PROBLEM TO SOLVE:
In the data below, the answer is the run of lines from the line containing "for writers in" through the line containing "if half == 0", both included; print it exactly and nothing else.
*** Opening RECORDS TO PROCESS ***
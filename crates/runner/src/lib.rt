// The run of a script, line by line, which both programs make.
#![tactic(auto)]

ghost use Rattle.std.specs.Prelude.{◌≡◌, not};

use ending::Ending;
use line_input::Took;
use script_state::Step;

mod lines;

pub use lines::{run_last, run_lines};

// What many lines leave, and where the text starts that has not ended.
#[derive(Clone, Copy)]
pub struct Rest {
    pub step: Step,
    pub from: usize,
}

// How a program ends, by where its script stands and what its last read took.
pub fn ended(step: Step, took: Took) -> Ending
    ensures { result ≡ record { unreadable = step.state.unreadable; read_failed = took.failed; write_failed = not step.written } }
{
    Ending {
        unreadable: step.state.unreadable,
        read_failed: took.failed,
        write_failed: !step.written,
    }
}
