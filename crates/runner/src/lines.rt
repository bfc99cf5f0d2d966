// The lines of a text, one after another.
ghost use Rattle.std.specs.Prelude.{◌≡◌, false, ◌≤◌, length, take, drop};
ghost use Rattle.script_state.specs.Start.{much};
ghost use Rattle.pieces.specs.Memory.{Put};
ghost use Rattle.buffers.specs.Sizes.{output_size};
ghost use Rattle.line_runner.specs.Line.{Lent};
ghost use Rattle.runner.specs.Lines.{lines_in, waits_in, after_last, last_text, unended, standing};

use crate::Rest;
use line_runner::run_any;
use script_state::Step;

// Runs each line that has ended in the text. The output that is left waits.
pub fn run_lines(
    replay: bool,
    step: Step,
    text: &[u8],
    upload: &mut [u8],
    response: &mut [u8],
    scratch: &mut [u8],
    out: &mut [u8],
) -> Rest
    requires lent { Lent upload.old response.old scratch.old out.old }
    requires at_le_much { step.at ≤ much }
    ensures response_after { standing result.step.state upload.new response.new ≡ lines_in replay step.state upload.old response.old text.now }
    ensures out_after { take result.step.at out.new ≡ waits_in replay step.state upload.old response.old (take step.at out.old) text.now }
    ensures from_in_bounds { (result.from ≤ length text.now) × (drop result.from text.now ≡ unended text.now) }
    ensures at_le_much_2 { (result.step.at ≤ much) × (step.written ≡ false → result.step.written ≡ false) }
{
    let mut here = step;
    let mut from = 0;
    let mut end = script_cut::mark_from(text, 0, b'\n');
    while end < text.len() {
        let next = script_state::counted(here);
        let ran = run_any(
            replay,
            next,
            &text[from..end],
            upload,
            response,
            scratch,
            out,
        );
        here = script_state::flushed(out, ran, script_state::MUCH);
        from = end + 1;
        end = script_cut::mark_from(text, from, b'\n');
    }
    Rest { step: here, from }
}

// At the end of the input: what has not ended is a line if it is not empty.
pub fn run_last(
    replay: bool,
    step: Step,
    text: &[u8],
    upload: &mut [u8],
    response: &mut [u8],
    scratch: &mut [u8],
    out: &mut [u8],
) -> Step
    requires lent { Lent upload.old response.old scratch.old out.old }
    requires at_le_much { step.at ≤ much }
    ensures response_after { standing result.state upload.new response.new ≡ after_last replay (standing step.state upload.old response.old) text.now }
    ensures put { Put out.old step.at (last_text replay (standing step.state upload.old response.old) text.now) out.new result.at }
    ensures at_le_output_size { (result.at ≤ output_size) × (result.written ≡ step.written) }
{
    if text.len() == 0 {
        return step;
    }
    let next = script_state::counted(step);
    run_any(replay, next, text, upload, response, scratch, out)
}
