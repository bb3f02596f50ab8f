// Groups picked out of a partition by their t-stats. Inner form, for the weak groups and the kept ones.
#![tactic(auto)]

ghost use Rattle.std.specs.Prelude.{◌≡◌, cond, not, ◌++◌, ◌<◌, ◌+◌, length, drop};
ghost use Rattle.std.specs.Float.Ieee.{lt};
ghost use Rattle.partition.specs.Partition.{joined};
ghost use Rattle.partition.specs.Orders.{sizes_of, cut, Sized};
ghost use Rattle.quality.specs.Quality.{picked, on_side};

// How many groups were picked, and how many members they have.
#[derive(Drop)]
pub struct Picked {
    pub groups: usize,
    pub items: usize,
}

// Whether a group is picked whose t-stat is the value: below the limit or not, as asked.
fn on_side(value: f64, limit: f64, below: bool) -> bool
    ensures { result ≡ cond (lt value limit) below (not below) }
{
    if value < limit { below } else { !below }
}

// The groups whose t-stat is below the limit, or the others: their members one after the other at the front of `out`, and their sizes.
pub fn pick(
    order: &[usize],
    sizes: &[usize],
    qs: &[f64],
    limit: f64,
    below: bool,
    out: &mut [usize],
    out_sizes: &mut [usize],
) -> Picked
    requires { Sized (length out.old) (length qs.now) order.now sizes.now × (length out_sizes.old ≡ length out.old) }
    ensures groups_value { (result.groups ≡ length (picked (on_side qs.now limit below) (cut (length qs.now) sizes.now order.now)))
        × (result.items ≡ length (joined (picked (on_side qs.now limit below) (cut (length qs.now) sizes.now order.now)))) }
    ensures out_after { out.new ≡ joined (picked (on_side qs.now limit below) (cut (length qs.now) sizes.now order.now))
        ++ drop (length (joined (picked (on_side qs.now limit below) (cut (length qs.now) sizes.now order.now)))) out.old }
    ensures out_sizes_after { out_sizes.new ≡ sizes_of (length out.old) (picked (on_side qs.now limit below) (cut (length qs.now) sizes.now order.now)) }
{
    out_sizes.fill(0);
    let mut at = 0;
    let mut items = 0;
    let mut groups = 0;
    for (g, q) in qs.iter().enumerate() {
        let size = sizes[g];
        let from = at;
        at = from + size;
        if !on_side(*q, limit, below) {
            continue;
        }
        let to = items + size;
        lists::copy(&order[from..at], &mut out[items..to]);
        out_sizes[groups] = size;
        groups += 1;
        items = to;
    }
    Picked { groups, items }
}
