// A recorded run of the grouping: the case in the text, and whether its answer and the lists that it left are as recorded. Inner forms, for
// `test_runs` and `test_seeds`, whose first lines say how a case stands in the text.
#![tactic(auto)]

ghost use Rattle.std.specs.Prelude.{◌<◌, ◌≤◌, ◌≡◌, [], ◌∷◌};
ghost use Rattle.onc_answers.specs.Answers.{answer_of};
ghost use Rattle.test_run_cases.specs.Cases.{case_at, same_answer, same_outputs, right_run};

use onc_answers::Onc;

// The sizes of a case, the word at which its expected answer starts, and the one at which the next case does.
#[derive(Clone, Copy)]
pub struct Case {
    pub rows: usize,
    pub cols: usize,
    pub repeat: usize,
    pub cells: usize,
    pub draws: usize,
    pub order: usize,
    pub sizes: usize,
    pub scores: usize,
    pub ordered: usize,
    pub floats: usize,
    pub numbers: usize,
    pub kind: u64,
    pub expected: usize,
    pub next: usize,
}

// The case at `at`: twelve words, and the expected answer after its cells and draws.
pub fn read_case(text: &[u8], at: usize) -> Case
    requires { at ≤ 92521 }
    ensures value { result ≡ case_at text.now at }
    ensures cells_bound { (result.cells ≤ 144) × (result.draws ≤ 2048) × (result.order ≤ 16) × (result.sizes ≤ 16) × (result.scores ≤ 16) × (result.ordered ≤ 256) × (result.floats ≤ 4400) × (result.numbers ≤ 4000)
        × (result.expected ≤ 94725) × (at < result.next) }
{
    let cells = test_words::size_from(text, at, 3, 144);
    let draws = test_words::size_from(text, at, 4, 2048);
    let order = test_words::size_from(text, at, 5, 16);
    let sizes = test_words::size_from(text, at, 6, 16);
    let scores = test_words::size_from(text, at, 7, 16);
    let ordered = test_words::size_from(text, at, 8, 256);
    let expected = at + 12 + cells + draws;
    Case {
        rows: test_words::word_from(text, at, 0) as usize,
        cols: test_words::word_from(text, at, 1) as usize,
        repeat: test_words::word_from(text, at, 2) as usize,
        cells,
        draws,
        order,
        sizes,
        scores,
        ordered,
        floats: test_words::size_from(text, at, 9, 4400),
        numbers: test_words::size_from(text, at, 10, 4000),
        kind: test_words::word_from(text, at, 11),
        expected,
        next: expected + 4 + order + sizes + scores + ordered,
    }
}

// The answer's number, place, groups and draws read.
fn answer_of(a: Onc) -> [usize; 4]
    ensures { result ≡ (answer_of a).refused.number ∷ (answer_of a).refused.place ∷ (answer_of a).groups ∷ (answer_of a).read ∷ [] }
{
    [
        onc_answers::number_of(a),
        onc_answers::place_of(a),
        onc_answers::groups_of(a),
        onc_answers::read_of(a),
    ]
}

// Whether the text has this answer's number, place, groups and draws read at `expected`.
pub fn same_answer(text: &[u8], expected: usize, a: Onc) -> bool
    ensures { result ≡ same_answer text.now expected (answer_of a) }
{
    let answer = answer_of(a);
    test_compared::same_numbers(text, expected, &answer)
}

// Gives `right` back. If it is false, prints these four, as expected and as found.
pub fn shown_answer(right: bool, text: &[u8], expected: usize, a: Onc) -> bool
    ensures { result ≡ right }
{
    let answer = answer_of(a);
    test_counts::shown(right, text, expected, &answer)
}

// Whether the text has these outputs behind that, one after the other.
#[tactic(auto, using(std::proofs::lemmas::Bool::Decides::nat_tests), unfolding(crate::specs::Cases::same_outputs))]
pub fn same_outputs(
    text: &[u8],
    c: Case,
    order: &[usize],
    sizes: &[usize],
    scores: &[f64],
    ordered: &[f64],
) -> bool
    requires { (c.expected ≤ 94725) × (c.order ≤ 16) × (c.sizes ≤ 16) × (c.scores ≤ 16) }
    ensures { result ≡ same_outputs text.now c order.now sizes.now scores.now ordered.now }
{
    let order_at = c.expected + 4;
    let sizes_at = order_at + c.order;
    let scores_at = sizes_at + c.sizes;
    test_compared::same_numbers(text, order_at, order)
        && test_compared::same_numbers(text, sizes_at, sizes)
        && test_compared::same_doubles(text, scores_at, scores)
        && test_compared::same_doubles(text, scores_at + c.scores, ordered)
}

// Whether a run's answer and the lists that it left are as recorded.
#[tactic(auto, using(std::proofs::lemmas::Bool::Decides::nat_tests), unfolding(crate::specs::Cases::right_run))]
pub fn same_run(
    text: &[u8],
    c: Case,
    a: Onc,
    order: &[usize],
    sizes: &[usize],
    scores: &[f64],
    ordered: &[f64],
    floats: &[f64],
    numbers: &[usize],
) -> bool
    requires { (c.expected ≤ 94725) × (c.order ≤ 16) × (c.sizes ≤ 16) × (c.scores ≤ 16) }
    ensures { result ≡ right_run text.now c (record {
      answer = answer_of a;
      lists = record {
        order = order.now;
        sizes = sizes.now;
        scores = scores.now;
        ordered = ordered.now;
        floats = floats.now;
        numbers = numbers.now;
      };
    }) }
{
    let names = test_compared::names_wiped(onc_answers::number_of(a), c.rows);
    same_answer(text, c.expected, a)
        && same_outputs(text, c, order, sizes, scores, ordered)
        && test_compared::left_lists(names, floats, numbers)
}
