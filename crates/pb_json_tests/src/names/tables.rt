//! The names that sets give.

use super::schema::{names, pool};
use pb_json_names::names_of_set;
use std::test::Fail;

/// Names that are given, others, and those of bytes that are no set.
#[test]
fn tables(rt: HostRuntime) -> Result<(), Fail> {
    let pool = pool(rt.alloc())?;
    let names = names(rt.alloc(), &pool)?;
    let outer = pool.message_by_name("g.M").ok_or("no type g.M")?;
    let inner = pool.message_by_name("g.M.N").ok_or("no type g.M.N")?;
    assert!(rt; names.given(outer, 3) == Some("label") && names.given(inner, 1) == Some("number"));
    assert!(rt;
        names.given(outer, 1).is_none() && names.given(inner, 3).is_none() && !names.is_empty()
    );
    assert!(rt; names_of_set(rt.alloc(), &pool, b"")?.is_empty());
    assert!(rt; names_of_set(rt.alloc(), &pool, b"\x0a")?.is_empty());
    Ok(())
}

/// `package g; message M { int32 a_b = 1; }`, where the field's `json_name` is this.
const ONE: &[u8] = b"\x0a\x13\x12\x01g\x22\x0e\x0a\x01M\x12\x09\x0a\x03a_b\x18\x01\x52\x00";

/// Names that are empty, no UTF-8 or the name in lowerCamelCase are not given; the last one counts.
#[test]
fn others(rt: HostRuntime) -> Result<(), Fail> {
    let pool = pool(rt.alloc())?;
    assert!(rt; names_of_set(rt.alloc(), &pool, ONE)?.is_empty());
    let camel = b"\x0a\x15\x12\x01g\x22\x10\x0a\x01M\x12\x0b\x0a\x03a_b\x18\x01\x52\x02aB";
    assert!(rt; names_of_set(rt.alloc(), &pool, camel)?.is_empty());
    let no_text = b"\x0a\x14\x12\x01g\x22\x0f\x0a\x01M\x12\x0a\x0a\x03a_b\x18\x01\x52\x01\xff";
    assert!(rt; names_of_set(rt.alloc(), &pool, no_text)?.is_empty());
    let twice = b"\x0a\x17\x12\x01g\x22\x12\x0a\x01M\x12\x0d\x0a\x03a_b\x18\x01\x52\x01x\x52\x01y";
    let outer = pool.message_by_name("g.M").ok_or("no type g.M")?;
    assert!(rt; names_of_set(rt.alloc(), &pool, twice)?.given(outer, 1) == Some("y"));
    Ok(())
}
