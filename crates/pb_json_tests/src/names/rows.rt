//! Messages, and what they are as JSON by the names that their set gives.

ghost use Rattle.std.specs.Prelude.{◌<◌, length};

use super::schema::{names, pool};
use pb_decode::decode;
use pb_encode::encode;
use pb_json::{JsonError, JsonForm, JsonNames, Layout, Names, write_json};
use pb_json_read::{JsonReadCause, JsonRules, read_json_by};
use pb_schema::{MessageId, Pool};
use pb_wire::{FailurePlan, Limits, MemOutput};
use std::alloc::{AllocError, Global};
use std::test::Fail;

/// A row: the bytes of a message of type `g.M`, its JSON as Python's protobuf 4.21 writes and reads it, and what it is of.
const ROWS: &str = "
1a0178 | {\"label\":\"x\"} | a name that is given
08011a02c3a9 | {\"aB\":1,\"label\":\"é\"} | names beside
22020802 | {\"in \\\"ner\\\"\\\\\":{\"number\":2}} | a name with escapes
2a070a016b12020803 | {\"@m\":{\"k\":{\"number\":3}}} | a map
32020102 | {\"Ünï\":[1,2]} | a list
3800 | {\"x\":false} | a member of a oneof
420171 | {\"zW\":\"q\"} | another member
4a1f0a17747970652e676f6f676c65617069732e636f6d2f672e4d12041a02696e | {\"box\":{\"@type\":\"type.googleapis.com/g.M\",\"label\":\"in\"}} | an Any
50045805 | {\"bC\":4,\"b_c\":5} | a name that another field is declared by
220512031a0179 | {\"in \\\"ner\\\"\\\\\":{\"back\":{\"label\":\"y\"}}} | nested messages
";

/// A row: a text, and the bytes of the message that Python's protobuf 4.21 reads it as; or nothing, where it is refused.
const READ: &str = "
{\"display_name\":\"x\"} | 1a0178
{\"displayName\":\"x\"} | 
{\"a_b\":1} | 0801
{\"b_c\":4} | 5804
{\"bC\":4} | 5004
{\"c_d\":4} | 5804
{\"cD\":4} | 
{\"x_y\":true} | 3801
{\"xY\":true} | 
{\"inner\":{\"nN\":2}} | 
{\"inner\":{\"n_n\":2}} | 22020802
";

fn is_written(
    alloc: Global,
    pool: &Pool,
    id: MessageId,
    names: &JsonNames,
    digits: &str,
    json: &str,
) -> Result<bool, Fail>
    requires { id.0 < length pool.now.messages }
{
    let bytes = hex::decode(alloc, digits)?;
    let message = decode(alloc, pool, id, &bytes, Limits::FULL)?;
    let form = JsonForm {
        names: Names::Given(names),
        layout: Layout::Compact,
    };
    let mut output = MemOutput::new(alloc, 1_000_000, FailurePlan::NEVER);
    match write_json(&mut output, alloc, &message.view(), form) {
        Ok(()) => Ok(output.bytes() == json.as_bytes()),
        Err(JsonError::Memory) => Err(AllocError.into()),
        Err(_) => Ok(false),
    }
}

/// Whether a text is read as a message with this encoding, or is refused where there is none.
fn is_read(
    alloc: Global,
    pool: &Pool,
    id: MessageId,
    names: &JsonNames,
    text: &str,
    digits: &str,
) -> Result<bool, Fail>
    requires { id.0 < length pool.now.messages }
{
    match read_json_by(alloc, pool, id, text.as_bytes(), JsonRules::Strict, names) {
        Ok(message) => Ok(hex::encode(alloc, &encode(&message)?)?.as_str() == digits),
        Err(error) if error.cause == JsonReadCause::OutOfMemory => Err(AllocError.into()),
        Err(error) => Ok(digits.is_empty() && error.cause == JsonReadCause::UnknownName),
    }
}

#[test]
fn rows(rt: HostRuntime) -> Result<(), Fail> {
    let pool = pool(rt.alloc())?;
    let names = names(rt.alloc(), &pool)?;
    let id = pool.message_by_name("g.M").ok_or("no type g.M")?;
    for row in ROWS.lines() {
        if let Some((digits, rest)) = row.split_once(" | ") {
            let (json, _what) = rest.rsplit_once(" | ").ok_or("no JSON")?;
            assert!(rt;
                is_written(rt.alloc(), &pool, id, &names, digits, json)?,
                "{row}"
            );
            assert!(rt;
                is_read(rt.alloc(), &pool, id, &names, json, digits)?,
                "{row}"
            );
        }
    }
    Ok(())
}

#[test]
fn read(rt: HostRuntime) -> Result<(), Fail> {
    let pool = pool(rt.alloc())?;
    let names = names(rt.alloc(), &pool)?;
    let id = pool.message_by_name("g.M").ok_or("no type g.M")?;
    for row in READ.lines() {
        if let Some((text, digits)) = row.rsplit_once(" | ") {
            assert!(rt;
                is_read(rt.alloc(), &pool, id, &names, text, digits)?,
                "{row}"
            );
        }
    }
    Ok(())
}
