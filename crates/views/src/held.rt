// The commits of which new masks hold a version, found by difference from a view: code 11.
ghost use Rattle.std.specs.Prelude.{◌≡◌, ◌+◌, ◌<◌, ◌≤◌, length};
ghost use Rattle.std.proofs.Math.Option.{none};
ghost use Rattle.store.specs.Limits.{max_keys};
ghost use Rattle.store.specs.Store.{View, Store};
ghost use Rattle.store.specs.Refusal.{bad_mask};
ghost use Rattle.state.specs.Room.{VersionsRoom, KeysRoom, FreshRoom};
ghost use Rattle.state.specs.Keeps.{IsSet};
ghost use Rattle.views.specs.Writing.{WriterBelow};
ghost use Rattle.views.specs.Viewed.{ViewedAs, NewMasks};

use crate::{apart, missing, prefix};

// The commits that wrote something.
pub fn all_writers(keys: &[u64], n: usize) -> u64
    requires { (n ≤ max_keys) × KeysRoom keys.now }
    ensures { IsSet result (WriterBelow keys.now n) }
{
    let mut all = 0u64;
    for writers in &keys[state::WRITERS..state::WRITERS + n] {
        all = sets::union(all, *writers);
    }
    all
}

// Code 11, where code 10 is not due, and the commits of which the masks hold a version: by difference from the client's view at `base`, which holds all or nothing of a
// commit; so a commit of which the masks gained or lost a version is held in part exactly where they did not gain or lose all that it wrote. A common case is answered at
// once: all versions of each key up to some.
pub fn viewed(
    versions: &[u64],
    keys: &[u64],
    fresh: &[u64],
    views: &[u64],
    base: usize,
    seen: u64,
    n: usize,
) -> Result<u64, state::Place>
    requires { (1 ≤ n) × (n ≤ max_keys) × VersionsRoom versions.now × KeysRoom keys.now × FreshRoom fresh.now × (base + n ≤ length views.now) }
    ensures { (s : Store) (old u : View) → NewMasks s old u n versions.now keys.now views.now base seen fresh.now → bad_mask s u ≡ none → ViewedAs s u result }
{
    if prefix::prefixes(fresh, n) {
        let p = prefix::split(versions, keys, fresh, n);
        let held = p.held;
        if held & p.lacking == 0 {
            return Ok(held);
        }
    }
    let gained = apart::beyond(versions, fresh, 0, views, base, n);
    let lost = apart::beyond(versions, views, base, fresh, 0, n);
    let holds = sets::without(sets::union(seen, gained.all), lost.all);
    let half = sets::union(gained.half, lost.half);
    if half == 0 {
        return Ok(holds);
    }
    match missing::least_by_writer(versions, keys, fresh, 0, half, n) {
        Some(place) => Err(place),
        None => Ok(holds),
    }
}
*** Closing RECORDS TO PROCESS ***
EXERCISE OUTPUT:
    for writers in &keys[state::WRITERS..state::WRITERS + n] {
        all = sets::union(all, *writers);
    }
    all
}

// Code 11, where code 10 is not due, and the commits of which the masks hold a version: by difference from the client's view at `base`, which holds all or nothing of a
// commit; so a commit of which the masks gained or lost a version is held in part exactly where they did not gain or lose all that it wrote. A common case is answered at
// once: all versions of each key up to some.
pub fn viewed(
    versions: &[u64],
    keys: &[u64],
    fresh: &[u64],
    views: &[u64],
    base: usize,
    seen: u64,
    n: usize,
) -> Result<u64, state::Place>
    requires { (1 ≤ n) × (n ≤ max_keys) × VersionsRoom versions.now × KeysRoom keys.now × FreshRoom fresh.now × (base + n ≤ length views.now) }
    ensures { (s : Store) (old u : View) → NewMasks s old u n versions.now keys.now views.now base seen fresh.now → bad_mask s u ≡ none → ViewedAs s u result }
{
    if prefix::prefixes(fresh, n) {
        let p = prefix::split(versions, keys, fresh, n);
        let held = p.held;
        if held & p.lacking == 0 {
            return Ok(held);
        }
    }
    let gained = apart::beyond(versions, fresh, 0, views, base, n);
    let lost = apart::beyond(versions, views, base, fresh, 0, n);
    let holds = sets::without(sets::union(seen, gained.all), lost.all);
    let half = sets::union(gained.half, lost.half);
    if half == 0 {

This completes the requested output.